Yes, it did not provide encyclopaedic levels of information about exactly what the UK would propose. Yes, there were holes, only a few paragraphs on the biggest bit of the UK economy, services. Yes, there are still fundamental contradictions in the UK position.
And yes, the Tory infighting of recent weeks that's simmered down today will return at the next moment of decision. One senior Tory told me we might have given up on cake and eating it, ''but we're now asking for half the cake''.
And there was nothing today that suddenly revealed a real change in the government's thinking. That gives her critics cause for concern, and EU sources are emollient, rather than immediately won over.
But the message that Theresa May wanted, and arguably needed to get across, was way beyond any of the detailed arguments that lead the Tory party, the EU, or both, down a cul-de-sac. This was not intended to be the final word.
What the prime minister endeavoured to do instead was to say to the EU, let's do a deal. It won't be easy, I'm confessing to my party and the public that I won't get everything they want, but I get it, and now, after everything that's happened, let's talk.
Internal jockeying
It is legitimate of course to ask why it has taken so long for the prime minister to put that forward. Well, the EU didn't want to talk about trade initially, wanting to sort out the cash first of all.
And there have always been internal suspicions of her aims in the Tory party that have made moving forward extremely fraught. Her survival has been contingent.
But some of this comes down to the prime minister, fond of asking for more and more briefing, more and more alternatives and discussion in committees, who is reluctant to do anything in a hurry. In the coming days much will be written along the lines of ''what took her so long''?

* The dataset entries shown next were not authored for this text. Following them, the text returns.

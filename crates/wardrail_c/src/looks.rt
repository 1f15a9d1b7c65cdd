// What stands at a place of a text, for C.
ghost use Rattle.refusal.specs.Paper.{map};
ghost use Rattle.bencode_walk.specs.Walk.{look_of};
ghost use Rattle.wardrail.specs.Said.{Tells};
ghost use Rattle.wardrail.specs.Looks.{look_detail};

// What stands at a place of any text. `detail` becomes 1 for a string, 2 for an integer, 3 for one outside 64 bits, 4 for a list, 5 for a
// dictionary or 6 for an end; first byte and length of a string's bytes, or of the sign and digits of an integer outside 64 bits; the place
// past it, or of the first thing in a list or dictionary.
#[unsafe(no_mangle)]
pub extern "C" fn wardrail_look(text: &[u8], at: usize, detail: &mut [u64; 4]) -> u64
    ensures { Tells (map look_detail (look_of text.now at)) detail.old result detail.new }
{
    wardrail::looks::wardrail_look(text, at, detail)
}
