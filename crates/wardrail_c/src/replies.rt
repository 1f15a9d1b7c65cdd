// Tracker replies for C.
ghost use Rattle.refusal.specs.Paper.{map};
ghost use Rattle.tracker.specs.Reply.{reply_of, counted};
ghost use Rattle.tracker.specs.Entries.{listed_at, packed_at};
ghost use Rattle.wardrail.specs.Said.{Tells};
ghost use Rattle.wardrail.specs.Replies.{reply_detail, entry_detail};

// Reads a tracker's reply. `detail` becomes 1 with the first byte and the length of a failure reason; or 2 for entries of
// six bytes or 3 for a list, the seconds to wait, how many entries, and the place of the first.
#[unsafe(no_mangle)]
pub extern "C" fn wardrail_reply(text: &[u8], detail: &mut [u64; 4]) -> u64
    ensures { Tells (map reply_detail (map counted (reply_of text.now))) detail.old result detail.new }
{
    wardrail::replies::wardrail_reply(text, detail)
}

// The entry of a list whose dictionary stands at a place. `detail` becomes first byte and length of its peer id and of
// its ip, its port, and the place past it, where the next stands.
#[unsafe(no_mangle)]
pub extern "C" fn wardrail_listed_at(text: &[u8], at: usize, detail: &mut [u64; 6]) -> u64
    ensures { Tells (map entry_detail (listed_at text.now at)) detail.old result detail.new }
{
    wardrail::replies::wardrail_listed_at(text, at, detail)
}

// The entry of six bytes at a place. `detail` becomes its four bytes of address, its port, and the place past it.
#[unsafe(no_mangle)]
pub extern "C" fn wardrail_packed_at(text: &[u8], at: usize, detail: &mut [u64; 6]) -> u64
    ensures { Tells (map entry_detail (packed_at text.now at)) detail.old result detail.new }
{
    wardrail::replies::wardrail_packed_at(text, at, detail)
}
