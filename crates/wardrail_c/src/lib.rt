// The texts, frames and hashes of `wardrail`, exported to C: each export has the words of the library's function, and calls it.
#![tactic(auto)]

ghost use Rattle.bencode.specs.Answers.{check_of};
ghost use Rattle.hash_sha1.specs.Digest.{digest_of};
ghost use Rattle.wardrail.specs.Said.{Tells};
ghost use Rattle.wardrail.specs.Hashing.{Digested};

mod addresses;
mod files;
mod frames;
mod hashing;
mod looks;
mod magnets;
mod mapping;
mod peers;
mod replies;
mod torrents;
mod weeks;
mod writers;

// Whether a text is one value that keeps the limits. `detail` becomes its count of values.
#[unsafe(no_mangle)]
pub extern "C" fn wardrail_check(text: &[u8], detail: &mut u64) -> u64
    ensures { Tells (check_of text.now) detail.old result detail.new }
{
    wardrail::wardrail_check(text, detail)
}

// Writes the SHA-1 digest of at most 16,777,216 bytes; a refusal leaves `digest` as it was.
#[unsafe(no_mangle)]
pub extern "C" fn wardrail_sha1(message: &[u8], digest: &mut [u8; 20]) -> u64
    ensures { Digested (digest_of message.now digest.old) result digest.new }
{
    wardrail::wardrail_sha1(message, digest)
}
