// Keeps the old bytes of the segment that begins with page n, where the plan says so: its pages wait for the journal once then. The
// answer is the segment's last page.
fn keep_segment<D: Disk, E: Entropy, P: Plan>(
    txn: &mut Txn<'_, D, E>,
    plan: &P,
    n: u32,
) -> Result<u32, PageError>
    ghost start: { Start }
    requires number { is_page_number txn.old.count n ≡ true }
    requires sizes { (txn.old.write.profile.page_size ≡ start.base.size) × (txn.old.count ≡ start.base.pages) }
    requires ready { IsReadyFor txn.old.recorded txn.old.writer }
    requires under_way { IsTrue D.tells → IsUnderWay start txn.old.write txn.old.recorded txn.old.written txn.old.writer (D.reads txn.old.disk.now)
        (D.images txn.old.disk.now) E.tells (E.drawn txn.old.entropy.now) }
    ensures seen { OnOk result (IsTrue D.tells → (m : ℕ)
        → (seen_pages txn.new.read txn.new.write (main_of (D.reads txn.new.disk.now)) txn.new.count txn.new.written txn.new.changed.held).page m
        ≡ (seen_pages txn.old.read txn.old.write (main_of (D.reads txn.old.disk.now)) txn.old.count txn.old.written txn.old.changed.held).page m) }
    ensures kept { (txn.new.changed ≡ txn.old.changed) × (txn.new.written ≡ txn.old.written) }
    ensures ready { OnOk result (IsReadyFor txn.new.recorded txn.new.writer) }
    ensures under_way { OnOk result (IsTrue D.tells → IsUnderWay start txn.new.write txn.new.recorded txn.new.written txn.new.writer (D.reads txn.new.disk.now)
        (D.images txn.new.disk.now) E.tells (E.drawn txn.new.entropy.now)) }
    ensures fault { IfErr result (λ e. (e ≡ PageError.DiskFault) × Rose (D.faults txn.old.disk.now) (D.faults txn.new.disk.now)) }
    ensures any_moment { IsTrue D.tells → LeavesOnly D.moment D.since txn.old.disk.now txn.new.disk.now (HoldsOld start.base) }
    ensures fresh { IsTrue D.tells → LeavesOnly D.moment D.since txn.old.disk.now txn.new.disk.now (From SameFresh (D.images txn.old.disk.now)) }
    // while no page has a record, the disk was only read
    ensures unrecorded { OnOk result (marked_count txn.new.recorded ≡ 0 → (marked_count txn.old.recorded ≡ 0)
        × (IsTrue D.tells → OnlyRead D.reads D.images D.moment D.since txn.old.disk.now txn.new.disk.now)) }
    ensures disk { txn.new.disk.ghost_name ≡ txn.old.disk.ghost_name }
    ensures entropy { Untouched txn.old.entropy txn.new.entropy }
    ensures later { D.faults txn.old.disk.now ≤ D.faults txn.new.disk.now }
    ensures file { (txn.new.read ≡ txn.old.read) × (txn.new.write ≡ txn.old.write) × (txn.new.count ≡ txn.old.count) }
{
    let count = segment_pages(plan.segment(), txn.page_size(), n, txn.pages());
    let last = n - 1 + count;
    if !plan.keeps_together(n, last) {
        return Ok(last);
    }
    match txn.keep_ahead(n, count) {
        Ok(()) => Ok(last),
        Err(_) => Err(PageError::DiskFault),
    }
}

// How many pages of this length the segment has that begins with page n of so many.
fn segment_pages(segment: u32, page_size: u32, n: u32, pages: u32) -> u32
    requires segment { 65536 ≤ segment }
    requires size { (512 ≤ page_size) × (page_size ≤ 65536) }
    requires number { (1 ≤ n) × (n ≤ pages) }
    ensures some { 1 ≤ result }
    ensures within { n + result ≤ pages + 1 }
{
    let most = segment / page_size;
    let left = pages - (n - 1);
    if left < most { left } else { most }
}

The hope in No 10 is that the EU will welcome her newly pragmatic admission that we can't, after all that cake, really have it all. And importantly, after a fevered bout of internal jockeying, Theresa May today has been willing to tell both wings of her party they will have to compromise.
Adding some detail to her approach she more firmly than before told Brexiteers they can't dictate all the terms. And there was a message to Conservative Remainers too that she won't back down on her central intentions to leave the single market and customs union.
And for today, it seems enough. Both sides in the Tory tug-of-war have welcomed her carefully phrased lines. But accepting warnings of coming compromises is not the same as swallowing them when they happen.
If, and likely when, the European Union pushes back her proposal, Theresa May's 'hard facts' will become harder choices for the Conservative Party.
But today, she was a leader in an almost impossible political position straining to show what might just work. Politics is about principle, yes, but first and foremost what is possible. No 10 hopes that today, the prime minister will have shown the EU that is something she understands.